-- MATERIAL FOR THIS TASK follows --
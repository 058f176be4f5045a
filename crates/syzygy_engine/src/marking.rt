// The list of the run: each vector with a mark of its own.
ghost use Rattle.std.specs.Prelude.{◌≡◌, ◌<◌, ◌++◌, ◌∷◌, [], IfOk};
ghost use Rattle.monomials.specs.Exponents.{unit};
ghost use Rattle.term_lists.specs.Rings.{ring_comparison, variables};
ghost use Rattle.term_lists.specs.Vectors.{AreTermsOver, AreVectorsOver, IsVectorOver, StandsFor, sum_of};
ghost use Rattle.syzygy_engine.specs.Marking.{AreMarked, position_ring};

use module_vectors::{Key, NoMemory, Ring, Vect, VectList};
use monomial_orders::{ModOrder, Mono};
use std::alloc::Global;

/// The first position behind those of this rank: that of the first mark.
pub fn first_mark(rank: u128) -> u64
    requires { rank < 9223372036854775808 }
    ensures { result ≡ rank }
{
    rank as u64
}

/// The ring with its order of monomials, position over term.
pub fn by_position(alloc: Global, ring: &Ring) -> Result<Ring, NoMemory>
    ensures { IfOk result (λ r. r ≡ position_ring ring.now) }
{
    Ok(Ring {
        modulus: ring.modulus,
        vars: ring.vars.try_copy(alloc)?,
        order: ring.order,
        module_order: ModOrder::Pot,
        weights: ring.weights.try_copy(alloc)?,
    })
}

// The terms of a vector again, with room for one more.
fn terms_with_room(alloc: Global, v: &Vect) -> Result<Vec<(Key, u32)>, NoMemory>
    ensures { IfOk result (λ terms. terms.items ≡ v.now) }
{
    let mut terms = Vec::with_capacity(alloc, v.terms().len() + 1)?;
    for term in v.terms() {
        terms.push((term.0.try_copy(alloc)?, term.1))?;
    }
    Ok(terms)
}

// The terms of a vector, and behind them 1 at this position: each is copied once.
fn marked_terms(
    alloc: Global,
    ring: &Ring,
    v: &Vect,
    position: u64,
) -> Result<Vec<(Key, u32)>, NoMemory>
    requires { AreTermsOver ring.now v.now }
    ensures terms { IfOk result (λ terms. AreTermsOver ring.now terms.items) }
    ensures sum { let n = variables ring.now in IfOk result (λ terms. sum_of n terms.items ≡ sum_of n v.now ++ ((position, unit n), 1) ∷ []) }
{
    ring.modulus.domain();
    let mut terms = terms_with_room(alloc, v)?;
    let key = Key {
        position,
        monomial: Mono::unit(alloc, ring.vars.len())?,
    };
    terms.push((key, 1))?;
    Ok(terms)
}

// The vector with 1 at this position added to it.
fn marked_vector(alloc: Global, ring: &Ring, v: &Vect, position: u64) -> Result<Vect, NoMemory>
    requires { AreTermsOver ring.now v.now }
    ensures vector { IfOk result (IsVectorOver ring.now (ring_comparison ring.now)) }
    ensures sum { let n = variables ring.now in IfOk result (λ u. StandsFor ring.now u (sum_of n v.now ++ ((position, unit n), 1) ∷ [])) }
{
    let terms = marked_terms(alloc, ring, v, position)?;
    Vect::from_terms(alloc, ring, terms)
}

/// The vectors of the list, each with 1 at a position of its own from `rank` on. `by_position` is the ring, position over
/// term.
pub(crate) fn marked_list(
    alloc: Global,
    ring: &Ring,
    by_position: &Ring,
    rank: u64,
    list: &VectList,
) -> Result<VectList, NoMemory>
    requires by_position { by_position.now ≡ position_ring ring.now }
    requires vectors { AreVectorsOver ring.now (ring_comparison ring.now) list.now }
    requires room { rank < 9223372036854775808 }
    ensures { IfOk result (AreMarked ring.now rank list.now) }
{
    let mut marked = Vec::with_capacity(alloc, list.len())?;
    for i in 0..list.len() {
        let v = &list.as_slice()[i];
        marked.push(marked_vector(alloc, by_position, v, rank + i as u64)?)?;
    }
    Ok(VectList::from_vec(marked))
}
-- MATERIAL FOR THIS TASK concluded --
-- MATERIAL FOR THIS TASK follows --
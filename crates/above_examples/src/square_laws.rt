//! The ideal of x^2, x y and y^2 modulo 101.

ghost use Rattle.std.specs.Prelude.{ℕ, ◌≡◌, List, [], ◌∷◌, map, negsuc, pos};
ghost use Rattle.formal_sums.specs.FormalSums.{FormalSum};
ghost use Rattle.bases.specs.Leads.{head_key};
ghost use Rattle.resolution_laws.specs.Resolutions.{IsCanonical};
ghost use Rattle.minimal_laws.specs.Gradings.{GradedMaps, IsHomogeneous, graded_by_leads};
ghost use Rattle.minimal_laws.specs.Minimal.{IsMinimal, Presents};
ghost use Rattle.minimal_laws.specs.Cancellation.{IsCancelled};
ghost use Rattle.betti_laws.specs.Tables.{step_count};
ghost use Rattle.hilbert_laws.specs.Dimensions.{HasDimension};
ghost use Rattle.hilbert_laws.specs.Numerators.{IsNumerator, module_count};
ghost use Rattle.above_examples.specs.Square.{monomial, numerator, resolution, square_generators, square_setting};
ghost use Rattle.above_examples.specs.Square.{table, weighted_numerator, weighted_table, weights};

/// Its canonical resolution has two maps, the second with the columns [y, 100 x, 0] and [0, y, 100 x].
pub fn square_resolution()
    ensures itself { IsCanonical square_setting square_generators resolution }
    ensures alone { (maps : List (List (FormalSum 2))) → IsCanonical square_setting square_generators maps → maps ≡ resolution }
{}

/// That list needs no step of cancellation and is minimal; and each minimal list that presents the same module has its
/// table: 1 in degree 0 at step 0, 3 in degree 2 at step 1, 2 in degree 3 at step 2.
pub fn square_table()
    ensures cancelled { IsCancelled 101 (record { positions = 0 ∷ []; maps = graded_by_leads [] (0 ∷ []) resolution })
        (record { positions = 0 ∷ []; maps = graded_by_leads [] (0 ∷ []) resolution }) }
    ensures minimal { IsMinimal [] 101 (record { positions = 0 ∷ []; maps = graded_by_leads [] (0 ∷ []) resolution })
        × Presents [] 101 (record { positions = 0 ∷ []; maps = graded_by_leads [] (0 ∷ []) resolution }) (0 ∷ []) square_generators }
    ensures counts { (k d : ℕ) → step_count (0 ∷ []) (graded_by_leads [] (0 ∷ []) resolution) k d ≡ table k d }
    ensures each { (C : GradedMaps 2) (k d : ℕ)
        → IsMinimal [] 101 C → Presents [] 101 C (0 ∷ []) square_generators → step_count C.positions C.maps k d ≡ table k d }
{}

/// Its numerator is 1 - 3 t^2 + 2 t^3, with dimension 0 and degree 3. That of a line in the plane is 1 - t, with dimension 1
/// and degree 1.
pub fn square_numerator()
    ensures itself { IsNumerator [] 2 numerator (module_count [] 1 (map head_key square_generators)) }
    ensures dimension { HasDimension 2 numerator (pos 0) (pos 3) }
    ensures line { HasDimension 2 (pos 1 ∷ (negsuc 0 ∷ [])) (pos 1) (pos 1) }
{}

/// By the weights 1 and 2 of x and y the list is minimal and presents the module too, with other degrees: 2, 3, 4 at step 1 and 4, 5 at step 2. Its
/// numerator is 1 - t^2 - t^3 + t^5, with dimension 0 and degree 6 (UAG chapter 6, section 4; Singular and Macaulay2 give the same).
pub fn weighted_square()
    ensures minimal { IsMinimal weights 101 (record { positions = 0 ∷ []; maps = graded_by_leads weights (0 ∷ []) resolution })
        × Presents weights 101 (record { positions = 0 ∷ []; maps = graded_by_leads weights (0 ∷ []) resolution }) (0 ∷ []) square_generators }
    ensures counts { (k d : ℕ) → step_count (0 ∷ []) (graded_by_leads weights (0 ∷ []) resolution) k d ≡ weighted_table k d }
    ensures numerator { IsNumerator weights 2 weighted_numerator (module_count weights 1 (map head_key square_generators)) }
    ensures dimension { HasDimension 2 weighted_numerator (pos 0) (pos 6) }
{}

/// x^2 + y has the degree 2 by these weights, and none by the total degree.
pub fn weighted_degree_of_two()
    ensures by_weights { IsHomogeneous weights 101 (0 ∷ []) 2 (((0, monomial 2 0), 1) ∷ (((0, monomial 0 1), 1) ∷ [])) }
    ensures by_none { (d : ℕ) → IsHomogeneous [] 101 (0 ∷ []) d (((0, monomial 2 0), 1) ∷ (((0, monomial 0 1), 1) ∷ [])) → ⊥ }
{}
-- MATERIAL FOR THIS TASK concluded --
» **TASK REQUIREMENTS**:
Print the lines above from the one with "module has its" through the one with "[]) (graded_by_leads []", both included, exactly as written and nothing more.

» **ANSWER TO THIS TASK**:
/// That list needs no step of cancellation and is minimal; and each minimal list that presents the same module has its
/// table: 1 in degree 0 at step 0, 3 in degree 2 at step 1, 2 in degree 3 at step 2.
pub fn square_table()
    ensures cancelled { IsCancelled 101 (record { positions = 0 ∷ []; maps = graded_by_leads [] (0 ∷ []) resolution })
        (record { positions = 0 ∷ []; maps = graded_by_leads [] (0 ∷ []) resolution }) }
    ensures minimal { IsMinimal [] 101 (record { positions = 0 ∷ []; maps = graded_by_leads [] (0 ∷ []) resolution })
        × Presents [] 101 (record { positions = 0 ∷ []; maps = graded_by_leads [] (0 ∷ []) resolution }) (0 ∷ []) square_generators }
    ensures counts { (k d : ℕ) → step_count (0 ∷ []) (graded_by_leads [] (0 ∷ []) resolution) k d ≡ table k d }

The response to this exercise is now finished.